Das Füchslein ist ein sehr unauffälliges Sternbild, da es keine hellen Sterne enthält. Es liegt südlich des großen Sternbilds Schwan und nördlich des kleinen Sternbilds Pfeil. Im Sternbild Füchslein kann man den „Hantelnebel“ M27 und den markanten „Kleiderbügelhaufen“ beobachten.
M27 ist ein großer und heller Planetarischer Nebel. Man findet ihn ca. 3,5° nördlich des 3,5m hellen Gamma Sagittae. Bei klarem, mondlosem Himmel ist M27 als ein mattblaues Nebelchen bereits im Fernglas wahrnehmbar. Im Fernrohr zeigt M27bei 100facher Vergrößerung eine symmetrische, seitliche Einschnürung, die diesem Nebel den Namen „Hantelnebel“ eingetragen hat. In Fernrohren größerer Öffnung kann man im Hantelnebel auch den 13m hellen Zentralstern und zahlreiche weitere feine Strukturen wahrnehmen. Ein Nebelfilter (UHC, O III) im Okular ist für die Betrachtung von M27 sehr vorteilhaft.

 

Pfeil

Das kleine Sternbild Pfeil sehen wir südlich des Schwans. Es wurde in der klassischen Antike erfunden. Es stellt den Pfeil des Amors dar. Seine drei Sterne Eta, Gamma und Delta Sagittae bilden den Schaft des Pfeils, die Sterne Alpha und Beta Sagittae stellen die beiden Steuerfedern dar. 

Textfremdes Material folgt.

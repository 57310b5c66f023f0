//! Drives cores through the transactions of `rows.txt`. At each place between them a merge begins, and at each place from there on its
//! trees are adopted. Then, and at the end, a core's indexes have to be those that the plain program has.
#![tactic(auto)]

mod course;
mod indexes;
mod onto;
mod plain;
mod rows;
mod run;

use anyhow::Result;
use course::Course;
use fb_view::Snapshot;
use indexes::Indexes;
use rows::{Row, rows_of};
use std::alloc::Global;
use std::fs;
use std::thread::Threads;

/// Compiles only where a value of the type may be sent to another thread and shared with it.
fn crosses_threads<T: Send + Sync>(_value: &T) {}

fn snapshots_cross_threads(alloc: Global) -> Result<()> {
    crosses_threads(&Snapshot::first(alloc)?);
    Ok(())
}

fn main(rt: HostRuntime) -> Result<()> {
    let alloc = rt.alloc();
    snapshots_cross_threads(alloc)?;
    let rows = rows_in_file(&rt)?;
    let runs = run_all(&rt, alloc, &rows)?;
    println!(rt; "{runs} runs end in the indexes of the plain program")?;
    Ok(())
}

fn rows_in_file(rt: &HostRuntime) -> Result<Vec<Row>> {
    let text = fs::read_to_string(rt, "rows.txt")?;
    rows_of(rt.alloc(), text.as_str())
}

/// How many courses there are, each of which is followed.
fn run_all<R: Threads + Sync>(rt: &R, alloc: Global, rows: &[Row]) -> Result<u64> {
    let wanted = plain::indexes_after(alloc, rows)?;
    follow_all(rt, alloc, rows, &wanted)
}

fn follow_all<R: Threads + Sync>(
    rt: &R,
    alloc: Global,
    rows: &[Row],
    wanted: &[Indexes],
) -> Result<u64> {
    let mut runs = 0_u64;
    for begin in 0..wanted.len() {
        for adopt in begin..wanted.len() {
            let course = Course { begin, adopt };
            course.follow(rt, alloc, rows, wanted)?;
            runs = runs.saturating_add(1);
        }
    }
    Ok(runs)
}
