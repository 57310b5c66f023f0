//! The live datoms that go into the trees.
ghost use Rattle.std.specs.Prelude.{◌≡◌, ◌∷◌, [], ◌++◌, filter, IfOk, Some};
ghost use Rattle.fb_values.specs.Lists.{list_in};
ghost use Rattle.seg_merge.specs.Merged.{is_due, due_of};

use fb_covers::Covers;
use fb_memory::Memory;
use fb_values::{Datom, Order};
use live_index::Live;
use std::alloc::Global;

/// Those of the order's live list up to the transaction, as far as the order's index holds their attributes.
pub fn due(
    alloc: Global,
    live: &Live,
    order: Order,
    c: u32,
    covers: &Covers,
) -> Result<Vec<Datom>, Memory>
    ensures { IfOk result (λ due. due.items ≡ due_of covers.now c order (list_in live.now order)) }
{
    let holding = live.holding().len(order);
    let len = holding.saturating_add(live.past().len(order));
    let mut due = Vec::with_capacity(alloc, len as usize)?;
    let mut walk = live.said(order);
    while let Some(datom) = walk.next() {
        due = with_due(due, order, datom, c, covers)?;
    }
    Ok(due)
}

fn with_due(
    due: Vec<Datom>,
    order: Order,
    datom: &Datom,
    c: u32,
    covers: &Covers,
) -> Result<Vec<Datom>, Memory>
    ensures { IfOk result
        (λ new. new.items ≡ due.items ++ filter (is_due covers.now c order) (datom.now ∷ [])) }
{
    let mut due = due;
    if datom.t <= c && covers.holds(order, datom.a) {
        datom.copy_into(&mut due)?;
    }
    Ok(due)
}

1,5° östlich von Delta Sagittae erahnen wir im lichtstarken Fernglas ein Nebelfleckchen, das sich in lichtstarken Fernrohren ab 6 Zoll Öffnung als dreieckiger Sternhaufen aus schwachen Sternen entpuppt. Das ist M71, ein Kugelsternhaufen, der im Laufe der Jahrmilliarden, in denen er auf seiner Bahn um das Zentrum der Milchstraße gewandert ist, viele seiner Sterne an die Milchstraße verloren hat.
Ca. 4° westnordwestlich von Alpha Sagittae zeigt sich im Fernglas ein ungewöhnlicher Sternhaufen, dessen helle Mitglieder in der Form eines Kleiderbügels aus Draht angeordnet sind. Dieser „Kleiderbügelhaufen“ liegt bereits im Sternbild Füchslein, doch ca. 2° westlich dieses Kleiderbügelhaufens sind wir wieder im Gebiet des Sternbilds Pfeil, und hier liegt der 6,2m helle, blauweiße Stern U Sagittae. U Sagittae ist ein bedeckungsveränderlicher Stern, dessen Helligkeit regelmäßig nach jeweils 81 Stunden für 1 Stunde und 40 Minuten ziemlich abrupt von 6,2m auf 9,2m abfällt.